I live in a very rural area and do not get any ToT's, so my haunt is part of my big annual Halloween party event. The party is in and around my old barn, which is extremely decorated. There is also an outdoor area with graveyard and fire pit.
The haunt is a walkthrough that takes about 8 minutes. I do not use any "live" actors, so the scares are either pneumatic or electric. The walk also has a large maze that is usually good at getting people confused and lost.
I look forward to the oppertunity to share some of the props I have come up with (sorry, nothing revolutionary).


----------



## sharpobject (May 7, 2008)

Hi and welcome !!!


----------



## Frighteners Entertainment (Jan 24, 2006)

welcome florida Mike!


----------



## scareme (Aug 29, 2006)

Hi and welcome. Looks like you have a great haunt. Love your crypt. Do you have another picture of it?


----------



## pyro (Oct 7, 2006)

welcome-- pic looks cool sounds like a good time


----------



## RoxyBlue (Oct 6, 2008)

Welcome, barnhaunter!


----------



## Ghostess (Aug 21, 2005)

Welcome fellow Florida Haunter!


----------



## Spooky1 (Aug 25, 2008)

Welcome to the forum BH Mike.


----------



## Spookineer (Aug 20, 2006)

Welcome to the party!


----------



## DoomBuddy (Mar 1, 2009)

welcome


----------



## Vlad (Aug 2, 2005)

Greetings Mike


----------



## Ms.
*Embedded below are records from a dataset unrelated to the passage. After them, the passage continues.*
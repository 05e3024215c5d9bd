//! Lists of places by their keys, that never take memory: places come one after another, each with a key.
ghost use Rattle.std.specs.Prelude.{◌≡◌, ℕ, ◌<◌, ◌++◌, ◌∷◌, List, [], length, get_or, replicate, IfOk};
ghost use Rattle.mls_solver.specs.steps.Links.{AreLinked, IsLatest, IsSameSpace};

use mls_base::memory::Memory;
use std::alloc::Global;
use std::marker::Model;

// The most places.
const MOST: usize = 0xFFFF_FFFF;

// Places by keys. It takes four bytes for each place and for each key, and no more as it grows.
// Contracts see the numbers; `AreLinked` says which keys the places have.
#[derive(Drop)]
pub struct Links {
    last: Vec<u32>,
    before: Vec<u32>,
    len: usize,
}

impl Model for Links {
    ghost use Rattle.mls_solver.specs.steps.Links.{LinkTable};

    ghost Value = { LinkTable };

    ghost use Rattle.std.specs.Prelude.{◌<◌, ◌≤◌, ◌^◌, length};

    ghost view = { λ a. record { last = a.last.items; before = a.before.items; len = a.len } };

    ghost invariant = { λ a. (length a.before.items < 2 ^ 32) × (a.len ≤ length a.before.items) };
}

// So many times 0.
fn zeros(alloc: Global, count: usize) -> Result<Vec<u32>, Memory>
    ensures { IfOk result (λ numbers. numbers.items ≡ replicate count 0) }
{
    let numbers = vec![in alloc; 0u32; count]?;
    Ok(numbers)
}

// Makes all numbers 0.
fn clear_all(numbers: &mut [u32])
    ensures { (r : ℕ) → get_or numbers.new r 0 ≡ 0 }
{
    for i in 0..numbers.len() {
        numbers[i] = 0;
    }
}

impl Links {
    // No place, and keys below a number.
    pub fn new(alloc: Global, keys: usize, limit: usize) -> Result<Links, Memory>
        ensures linked { IfOk result (AreLinked []) }
        ensures keys { IfOk result (λ links. length links.last ≡ keys) }
        ensures limit { IfOk result (λ links. length links.before ≡ limit) }
    {
        if limit > MOST {
            return Err(Memory);
        }
        let last = zeros(alloc, keys)?;
        let before = zeros(alloc, limit)?;
        Ok(Links {
            last,
            before,
            len: 0,
        })
    }

    // One more place, with this key.
    pub fn push(&mut self, key: usize)
        requires key { key < length self.old.last }
        requires space { self.old.len < length self.old.before }
        ensures linked { (keys : List ℕ) → AreLinked keys self.old → AreLinked (keys ++ key ∷ []) self.new }
        ensures space { IsSameSpace self.old self.new }
    {
        self.before[self.len] = self.last[key];
        self.len += 1;
        self.last[key] = self.len as u32;
    }

    // The number behind the latest place with this key, or 0.
    pub fn latest(&self, key: usize) -> usize
        requires { key < length self.now.last }
        ensures { (keys : List ℕ) → AreLinked keys self.now → IsLatest keys (length keys) key result }
    {
        self.last[key] as usize
    }

    // The number behind the latest place before this one with the same key, or 0.
    pub fn earlier(&self, k: usize) -> usize
        requires { k < self.now.len }
        ensures { (keys : List ℕ) → AreLinked keys self.now → k < length keys
            → IsLatest keys k (get_or keys k 0) result }
    {
        self.before[k] as usize
    }

    // Takes all places out, in time that grows with the number of keys.
    pub fn clear(&mut self)
        ensures linked { AreLinked [] self.new }
        ensures space { IsSameSpace self.old self.new }
    {
        clear_all(self.last.as_mut_slice());
        self.len = 0;
    }
}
Wicked (Nov 14, 2006)

Welcome!


----------



## Wyatt Furr (Jun 5, 2006)

Welcome


----------



## spideranne (Jul 17, 2006)

Welcome!


----------



## IMU (Apr 8, 2009)

Hello and Welcome!


----------



## HalloweenRick (Nov 25, 2005)

Welcome!


----------



## ghubertu (Apr 10, 2009)

Hi and look forward to some more pics of your projects!


----------